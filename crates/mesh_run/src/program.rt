//! The program: the words of the call, the lines that they ask for, and the status at its end.

ghost use Rattle.std.specs.Prelude.{◌≡◌, ◌≢◌, ◌<◌, ◌≤◌, ◌⊎◌, None, Some, IfNone, IfSome, IsSome};
ghost use Rattle.std.specs.Io.KnownBytes.{Appends, IsAtEnd};
ghost use Rattle.std.specs.Option.{option_copied};
ghost use Rattle.mesh_base.specs.Faults.{Rose};
ghost use Rattle.mesh_model.specs.declared.frame_choice.FrameChoice.TheVariants.{Hidden};
ghost use Rattle.mesh_model.specs.declared.input_kind.InputKind.TheVariants.{Scenario};
ghost use Rattle.mesh_model.specs.Run.CommandLine.{kind_of, most_nodes, words_of};
ghost use Rattle.mesh_model.specs.Run.Generated.{generated_input, generated_run};
ghost use Rattle.mesh_model.specs.Run.InputRun.{run_of};
ghost use Rattle.mesh_model.specs.Run.Statuses.{IsStatus, finished_status, limited_status, memory_status, plain_status, read_fault_status, refused_status, usage_status, write_fault_status};
ghost use Rattle.mesh_run.specs.Inner.Reading.{fault_status, fault_text};
ghost use Rattle.mesh_run.specs.Outcome.{Finishes, IsLimited, IsRefused, IsStatusOr, PrintsFrontOf, PrintsLessOf, PrintsRightly, PrintsSummary, PrintsTaken, TellsStatus, nodes_asked, read_input, told_input};
ghost use Rattle.mesh_words.specs.Words.{texts};

use crate::fault::Fault;
use crate::generated::run_generated;
use crate::input::run_input;
use crate::report::tell_fault;
use mesh_base::{Failed, Intake, Sink, write_all};
use mesh_model::{InputKind, Stop};
use mesh_words::{Source, WordsErr, read_words};
use std::alloc::Global;

/// The input was read to its end, every line was accepted, and all was written.
pub const FINISHED: u8 = 0;
/// A line was refused.
pub const REFUSED: u8 = 1;
/// The words weren't taken.
pub const USAGE: u8 = 2;
/// The input failed.
pub const READ_FAULT: u8 = 3;
/// The output failed.
pub const WRITE_FAULT: u8 = 4;
/// Memory ran out.
pub const OUT_OF_MEMORY: u8 = 5;
/// A quantity would have passed its limit.
pub const LIMITED: u8 = 6;

/// The status of a fault.
fn status_of(fault: Fault) -> u8
    ensures { result ≡ fault_status fault }
{
    match fault {
        Fault::Halted { line: _, stop } => match stop {
            Stop::Refused(_refusal) => REFUSED,
            Stop::Limit(_name) => LIMITED,
        },
        Fault::Read => READ_FAULT,
        Fault::Write => WRITE_FAULT,
        Fault::Memory => OUT_OF_MEMORY,
    }
}

/// Writes the text of a fault, and answers its status.
fn tell_status<E: Sink>(err: &mut E, fault: Fault) -> u8
    ensures status { result ≡ fault_status fault }
    ensures told { (Rose (E.faults err.old) (E.faults err.new) → ⊥) →
        Appends (E.taken err.old) (E.taken err.new) (fault_text fault) }
{
    match tell_fault(err, fault) {
        Ok(()) | Err(Failed) => status_of(fault),
    }
}

/// Carries out the lines that the intake gives under this name, or as standard input, and answers
/// the status with which the program ends.
fn carry_input<I: Intake, K: Sink, E: Sink>(
    alloc: Global,
    kind: InputKind,
    name: Option<&str>,
    intake: &mut I,
    out: &mut K,
    err: &mut E,
) -> u8
    ensures status { IsStatus result }
    ensures usage { result ≢ usage_status }
    ensures finished { result ≡ finished_status →
        IfSome (I.named intake.old (option_copied name.entry))
        (Finishes kind (K.taken out.old) (K.taken out.new)) }
    ensures at_end { result ≡ finished_status → IsAtEnd (I.left intake.new) }
    ensures refused { result ≡ refused_status →
        IfSome (I.named intake.old (option_copied name.entry))
        (IsRefused kind (K.taken out.old) (K.taken out.new) (I.left intake.new)) }
    ensures limited { result ≡ limited_status →
        IfSome (I.named intake.old (option_copied name.entry))
        (IsLimited kind (K.taken out.old) (K.taken out.new) (I.left intake.new)) }
    ensures read_fault { result ≡ read_fault_status →
        Rose (I.faults intake.old) (I.faults intake.new) }
    ensures taken { result ≡ read_fault_status →
        IfSome (I.named intake.old (option_copied name.entry))
        (PrintsTaken kind (K.taken out.old) (K.taken out.new)
        (I.left intake.old) (I.left intake.new)) }
    ensures write_fault { result ≡ write_fault_status →
        Rose (K.faults out.old) (K.faults out.new) }
    ensures less { result ≡ write_fault_status →
        IfSome (I.named intake.old (option_copied name.entry))
        (PrintsLessOf kind (K.taken out.old) (K.taken out.new)) }
    ensures front { result ≡ memory_status →
        IfSome (I.named intake.old (option_copied name.entry))
        (PrintsFrontOf kind (K.taken out.old) (K.taken out.new)) }
    ensures complete { IfSome (I.named intake.old (option_copied name.entry))
        (λ input. IsStatusOr result (plain_status (run_of kind input).halt)) }
    ensures told { (Rose (E.faults err.old) (E.faults err.new) → ⊥) →
        TellsStatus kind result (I.named intake.old (option_copied name.entry))
        (E.taken err.old) (E.taken err.new) }
    ensures right { IfSome (I.named intake.old (option_copied name.entry))
        (PrintsRightly kind (K.taken out.old) (K.taken out.new)) }
    ensures silent { result ≡ finished_status → err.new ≡ err.old }
{
    let fault = match run_input(alloc, kind, name, intake, out) {
        Ok(()) => return FINISHED,
        Err(fault) => fault,
    };
    tell_status(err, fault)
}

/// Carries out the lines of a generated mesh of so many nodes, 1 to 64, and answers the status with
/// which the program ends.
fn carry_generated<K: Sink, E: Sink>(alloc: Global, nodes: u8, out: &mut K, err: &mut E) -> u8
    requires some { 0 < nodes }
    requires few { nodes ≤ most_nodes }
    ensures status { IsStatus result }
    ensures other { (result ≢ usage_status) × (result ≢ read_fault_status) }
    ensures printed { PrintsSummary result (K.taken out.old) (K.taken out.new) nodes }
    ensures write_fault { result ≡ write_fault_status →
        Rose (K.faults out.old) (K.faults out.new) }
    ensures complete { IsStatusOr result (plain_status (generated_run nodes).halt) }
    ensures told { (Rose (E.faults err.old) (E.faults err.new) → ⊥) →
        TellsStatus (Scenario Hidden) result (Some (generated_input nodes))
        (E.taken err.old) (E.taken err.new) }
    ensures silent { result ≡ finished_status → err.new ≡ err.old }
{
    let fault = match run_generated(alloc, nodes, out) {
        Ok(()) => return FINISHED,
        Err(stopped) => stopped,
    };
    tell_status(err, fault)
}

/// Carries out the lines that words ask for, and answers the status with which the program ends.
///
/// `words` are the command words after the program's name: `--frames` and which link frames are
/// printed, `none`, `all`, `client` or `ogm`, or `route`, by which routes are told as they change; or
/// `--bisect`, by which the lines are those of routes; and FILE, or `--generate` and a number of
/// nodes. Without both the lines come from standard input. `out` takes what they print, or of a
/// generated mesh the line of its counts, `err` one line for each status other than `FINISHED`.
pub fn batmesh<I: Intake, K: Sink, E: Sink>(
    alloc: Global,
    words: &[String],
    intake: &mut I,
    out: &mut K,
    err: &mut E,
) -> u8
    ensures status { IsStatus result }

    // Where the input is told, out took the whole text of its plain run.
    ensures finished { result ≡ finished_status →
        IfSome (read_input (I.named intake.old) (words_of (texts words.now)))
        (Finishes (kind_of (texts words.now)) (K.taken out.old) (K.taken out.new)) }
    ensures at_end { result ≡ finished_status → IfNone (nodes_asked (words_of (texts words.now)))
        (IsAtEnd (I.left intake.new)) }

    // The plain run halts at a line, out took what it prints up to there, and reading stopped near
    // it.
    ensures refused { result ≡ refused_status →
        IfSome (read_input (I.named intake.old) (words_of (texts words.now)))
        (IsRefused (kind_of (texts words.now)) (K.taken out.old) (K.taken out.new)
        (I.left intake.new)) }
    ensures limited { result ≡ limited_status →
        IfSome (read_input (I.named intake.old) (words_of (texts words.now)))
        (IsLimited (kind_of (texts words.now)) (K.taken out.old) (K.taken out.new)
        (I.left intake.new)) }

    // Of the plain run of generated lines out took the line of its counts, and the intake isn't
    // touched.
    ensures generated { IfSome (nodes_asked (words_of (texts words.now)))
        (PrintsSummary result (K.taken out.old) (K.taken out.new)) }
    ensures unread { IsSome (nodes_asked (words_of (texts words.now))) → intake.new ≡ intake.old }

    // Other words aren't taken. Memory may be wanting to tell so. Nothing is opened then,
    // nothing is read, and nothing is written to out.
    ensures usage { result ≡ usage_status → words_of (texts words.now) ≡ None }
    ensures not_taken { words_of (texts words.now) ≡ None →
        (result ≡ usage_status) ⊎ (result ≡ memory_status) }
    ensures untouched { words_of (texts words.now) ≡ None →
        (intake.new ≡ intake.old) × (out.new ≡ out.old) }

    // A fault is blamed only on a count that rose. Where a read failed, the lines that had come
    // were printed and the run was still going; where a write did, less than the whole was taken.
    ensures read_fault { result ≡ read_fault_status →
        Rose (I.faults intake.old) (I.faults intake.new) }
    ensures taken { result ≡ read_fault_status →
        IfSome (read_input (I.named intake.old) (words_of (texts words.now)))
        (PrintsTaken (kind_of (texts words.now)) (K.taken out.old) (K.taken out.new)
        (I.left intake.old) (I.left intake.new)) }
    ensures write_fault { result ≡ write_fault_status →
        Rose (K.faults out.old) (K.faults out.new) }
    ensures less { result ≡ write_fault_status →
        IfSome (read_input (I.named intake.old) (words_of (texts words.now)))
        (PrintsLessOf (kind_of (texts words.now)) (K.taken out.old) (K.taken out.new)) }
    ensures front { result ≡ memory_status →
        IfSome (read_input (I.named intake.old) (words_of (texts words.now)))
        (PrintsFrontOf (kind_of (texts words.now)) (K.taken out.old) (K.taken out.new)) }

    // Faults and want of memory aside, the status is that of the plain run.
    ensures complete { IfSome (told_input (I.named intake.old) (words_of (texts words.now)))
        (λ input. IsStatusOr result
        (plain_status (run_of (kind_of (texts words.now)) input).halt)) }

    // A fault of err changes no status.
    ensures told { (Rose (E.faults err.old) (E.faults err.new) → ⊥) →
        TellsStatus (kind_of (texts words.now)) result
        (told_input (I.named intake.old) (words_of (texts words.now)))
        (E.taken err.old) (E.taken err.new) }
    ensures silent { result ≡ finished_status → err.new ≡ err.old }

    // Whatever the status, out took of a scenario what its first lines print, or a front of that. A
    // whole line in it of an originator in agreement, `t ORIG held=B told=B state=ok entries=N`, is
    // that of the commit that the originator made for the message that the shown node accepted
    // last, and the lines of its entries follow, as far as they were taken. A whole line of a link
    // frame with `by=table` is of bytes that the node of that name sent then, for a client that the
    // addressed node's commit names, as the sender was told last. Each of these unless a line
    // before it tells of an alias of that node. A whole line `alias NAME K J` stands exactly where
    // the node of that name made commit K, whose alias is J. Where a tick made it, that is behind
    // the lines of the tick's ELP, where there is one, and before those of its originator message;
    // where a reboot did, it tells the only event of the input's line that reboots the node. Each
    // packet that a node put together by then is one that the originator of its fragments cut under
    // their number, whatever links lost or repeated. And each picture that a node has at a line, of
    // which a line `vis NAME ..` tells, is that of its source at one of its rounds before.
    ensures right { IfSome (read_input (I.named intake.old) (words_of (texts words.now)))
        (PrintsRightly (kind_of (texts words.now)) (K.taken out.old) (K.taken out.new)) }
{
    let call = match read_words(alloc, words) {
        Ok(call) => call,
        Err(WordsErr::Usage) => {
            return match write_all(err, b"batmesh: usage\n") {
                Ok(()) | Err(Failed) => USAGE,
            };
        }
        Err(WordsErr::Memory) => return tell_status(err, Fault::Memory),
    };
    match call.source {
        Source::Input => carry_input(alloc, call.kind, None, intake, out, err),
        Source::File(name) => carry_input(alloc, call.kind, Some(name), intake, out, err),
        Source::Generated(nodes) => carry_generated(alloc, nodes, out, err),
    }
}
- - - - - - -
- _What the task asks_: Using the records above, set down exactly the lines from the one with "at its end." through the one with "pub const OUT_OF_MEMORY: u8 = 5;", inclusive, and nothing more.

- _Answer to the exercise_:
//! The program: the words of the call, the lines that they ask for, and the status at its end.

ghost use Rattle.std.specs.Prelude.{◌≡◌, ◌≢◌, ◌<◌, ◌≤◌, ◌⊎◌, None, Some, IfNone, IfSome, IsSome};
ghost use Rattle.std.specs.Io.KnownBytes.{Appends, IsAtEnd};
ghost use Rattle.std.specs.Option.{option_copied};
ghost use Rattle.mesh_base.specs.Faults.{Rose};
ghost use Rattle.mesh_model.specs.declared.frame_choice.FrameChoice.TheVariants.{Hidden};
ghost use Rattle.mesh_model.specs.declared.input_kind.InputKind.TheVariants.{Scenario};
ghost use Rattle.mesh_model.specs.Run.CommandLine.{kind_of, most_nodes, words_of};
ghost use Rattle.mesh_model.specs.Run.Generated.{generated_input, generated_run};
ghost use Rattle.mesh_model.specs.Run.InputRun.{run_of};
ghost use Rattle.mesh_model.specs.Run.Statuses.{IsStatus, finished_status, limited_status, memory_status, plain_status, read_fault_status, refused_status, usage_status, write_fault_status};
ghost use Rattle.mesh_run.specs.Inner.Reading.{fault_status, fault_text};
ghost use Rattle.mesh_run.specs.Outcome.{Finishes, IsLimited, IsRefused, IsStatusOr, PrintsFrontOf, PrintsLessOf, PrintsRightly, PrintsSummary, PrintsTaken, TellsStatus, nodes_asked, read_input, told_input};
ghost use Rattle.mesh_words.specs.Words.{texts};

use crate::fault::Fault;
use crate::generated::run_generated;
use crate::input::run_input;
use crate::report::tell_fault;
use mesh_base::{Failed, Intake, Sink, write_all};
use mesh_model::{InputKind, Stop};
use mesh_words::{Source, WordsErr, read_words};
use std::alloc::Global;

/// The input was read to its end, every line was accepted, and all was written.
pub const FINISHED: u8 = 0;
/// A line was refused.
pub const REFUSED: u8 = 1;
/// The words weren't taken.
pub const USAGE: u8 = 2;
/// The input failed.
pub const READ_FAULT: u8 = 3;
/// The output failed.
pub const WRITE_FAULT: u8 = 4;
/// Memory ran out.
pub const OUT_OF_MEMORY: u8 = 5;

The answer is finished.